# Java Anwendung mit mehr RAM starten??



## pr0baka (26. Okt 2010)

Hey Leute
ich hätte eine Frage an euch, undzwar versuche ich mit einem freund einen minecraft server ins Netz zu stellen, die Java basierende Anwendung funktioniert auch eigentlich, nur startet sie mit nur 64mb ram welche schon bei 2 Spielern voll sind. 

[WARNING] To start the server with more ram, launch it as "java -Xmx1024M -Xms1024M -jar minecraft_server.jar"

diese Fehlermeldung zeigt der Server, nur wie mache ich das? 

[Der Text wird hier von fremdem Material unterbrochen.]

const ROWS: [Row; 13] = [
    Row {
        op: VecOp::Shl,
        elem: Elem::U8,
        from: Elem::U8,
        scalars: (false, false),
        acc: false,
        vl: 2,
        numbers: (0, 0),
        a: [(129, false), (1, false), (0, false), (0, false)],
        b: [(9, false), (8, false), (0, false), (0, false)],
        before: ZERO,
        after: [(2, false), (1, false), (0, false), (0, false)],
    },
    Row {
        op: VecOp::Shr,
        elem: Elem::I8,
        from: Elem::I8,
        scalars: (false, true),
        acc: false,
        vl: 1,
        numbers: (0, 1),
        a: [(128, false), (0, false), (0, false), (0, false)],
        b: ZERO,
        before: ZERO,
        after: [(192, false), (0, false), (0, false), (0, false)],
    },
    Row {
        op: VecOp::Mul,
        elem: Elem::U16,
        from: Elem::U16,
        scalars: (false, true),
        acc: false,
        vl: 1,
        numbers: (0, 300),
        a: [(44, false), (1, false), (0, false), (0, false)],
        b: ZERO,
        before: ZERO,
        after: [(144, false), (95, false), (0, false), (0, false)],
    },
    // 200 and 100 add up to 300, which is 44 in a byte.
    Row {
        op: VecOp::Add,
        elem: Elem::U8,
        from: Elem::U8,
        scalars: (false, true),
        acc: true,
        vl: 2,
        numbers: (0, 0),
        a: [(200, false), (100, false), (0, false), (0, false)],
        b: ZERO,
        before: [(9, true), (9, true), (9, true), (9, true)],
        after: [(44, false), (9, true), (9, true), (9, true)],
    },
    // An add clears the flags that were set.
    Row {
        op: VecOp::Add,
        elem: Elem::U8,
        from: Elem::U8,
        scalars: (false, true),
        acc: false,
        vl: 3,
        numbers: (0, 1),
        a: [(1, true), (2, false), (255, true), (4, false)],
        b: ZERO,
        before: [(7, true), (7, true), (7, true), (7, true)],
        after: [(2, false), (3, false), (0, false), (7, true)],
    },
    // A comparison that answers 1 sets the flag of each byte of its element.
    Row {
        op: VecOp::Eq,
        elem: Elem::U16,
        from: Elem::U16,
        scalars: (false, true),
        acc: false,
        vl: 2,
        numbers: (0, 7),
        a: [(7, false), (0, false), (8, false), (0, false)],
        b: ZERO,
        before: ZERO,
        after: [(1, true), (0, true), (0, false), (0, false)],
    },
    // A conditional move looks at the flag of an element's first byte.
    Row {
        op: VecOp::Cmov,
        elem: Elem::U16,
        from: Elem::U16,
        scalars: (true, false),
        acc: false,
        vl: 2,
        numbers: (9, 0),
        a: ZERO,
        b: [(1, true), (0, true), (0, false), (0, false)],
        before: [(5, false), (0, false), (6, false), (0, false)],
        after: [(9, false), (0, false), (6, false), (0, false)],
    },
    Row {
        op: VecOp::Cmov,
        elem: Elem::U16,
        from: Elem::U16,
        scalars: (true, false),
        acc: false,
        vl: 2,
        numbers: (9, 0),
        a: ZERO,
        b: [(1, false), (0, true), (0, true), (0, false)],
        before: [(5, true), (0, true), (6, true), (0, true)],
        after: [(5, true), (0, true), (9, false), (0, false)],
    },
    Row {
        op: VecOp::Cast,
        elem: Elem::U16,
        from: Elem::I8,
        scalars: (false, false),
        acc: false,
        vl: 1,
        numbers: (0, 0),
        a: [(255, false), (0, false), (0, false), (0, false)],
        b: ZERO,
        before: ZERO,
        after: [(255, false), (255, false), (0, false), (0, false)],
    },
    // Saturation stops at the ends of the type's range: 250 + 10 and 4 - 5 of bytes, and of signed bytes 127 + 1
    // and -128 - 1.
    Row {
        op: VecOp::Sadd,
        elem: Elem::U8,
        from: Elem::U8,
        scalars: (false, true),
        acc: false,
        vl: 2,
        numbers: (0, 10),
        a: [(250, false), (4, false), (0, false), (0, false)],
        b: ZERO,
        before: [(7, true), (7, true), (7, true), (7, true)],
        after: [(255, false), (14, false), (7, true), (7, true)],
    },
    Row {
        op: VecOp::Ssub,
        elem: Elem::U8,
        from: Elem::U8,
        scalars: (false, true),
        acc: false,
        vl: 2,
        numbers: (0, 5),
        a: [(250, false), (4, false), (0, false), (0, false)],
        b: ZERO,
        before: [(7, true), (7, true), (7, true), (7, true)],
        after: [(245, false), (0, false), (7, true), (7, true)],
    },
    Row {
        op: VecOp::Sadd,
        elem: Elem::I8,
        from: Elem::I8,
        scalars: (false, true),
        acc: false,
        vl: 2,
        numbers: (0, 1),
        a: [(127, false), (128, false), (0, false), (0, false)],
        b: ZERO,
        before: [(7, true), (7, true), (7, true), (7, true)],
        after: [(127, false), (129, false), (7, true), (7, true)],
    },
    Row {
        op: VecOp::Ssub,
        elem: Elem::I8,
        from: Elem::I8,
        scalars: (false, true),
        acc: false,
        vl: 2,
        numbers: (0, 1),
        a: [(127, false), (128, false), (0, false), (0, false)],
        b: ZERO,
        before: [(7, true), (7, true), (7, true), (7, true)],
        after: [(126, false), (128, false), (7, true), (7, true)],
    },
];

oder könnte mir evtl. jemand erklären wie ich die java anwendung mit parameter starte, ich habe nämlich gehört dass man mit einem parameter auch den ram hochsetzen kann

würde mich über schnelle Hilfe freuen


----------



## eRaaaa (26. Okt 2010)

pr0baka hat gesagt.:


> oder könnte mir evtl. jemand erklären wie ich die java anwendung mit parameter starte, ich habe nämlich gehört dass man mit einem parameter auch den ram hochsetzen kann



???:L genau das sagt dir doch die Warnmeldung ?


----------



## pr0baka (26. Okt 2010)

nein ich verstehe nicht..? 
soll ich die datei umbenennen?
wenn ja das hilft nicht 
weis jemand vielleicht wie ich das einfach mache?


----------



## jDennis79 (26. Okt 2010)

Wie eRaaaa schon gesagt hat, es steht wortwörtlich in der Meldung!


----------



## Final_Striker (26. Okt 2010)

Die Zeile in eine .txt-Datein kopieren und dann in .bat umbenennen.


----------



## ARadauer (26. Okt 2010)

start -> ausführen -> cmd
dort mit cd zu deiner jar navigieren und die zeile eingeben...


----------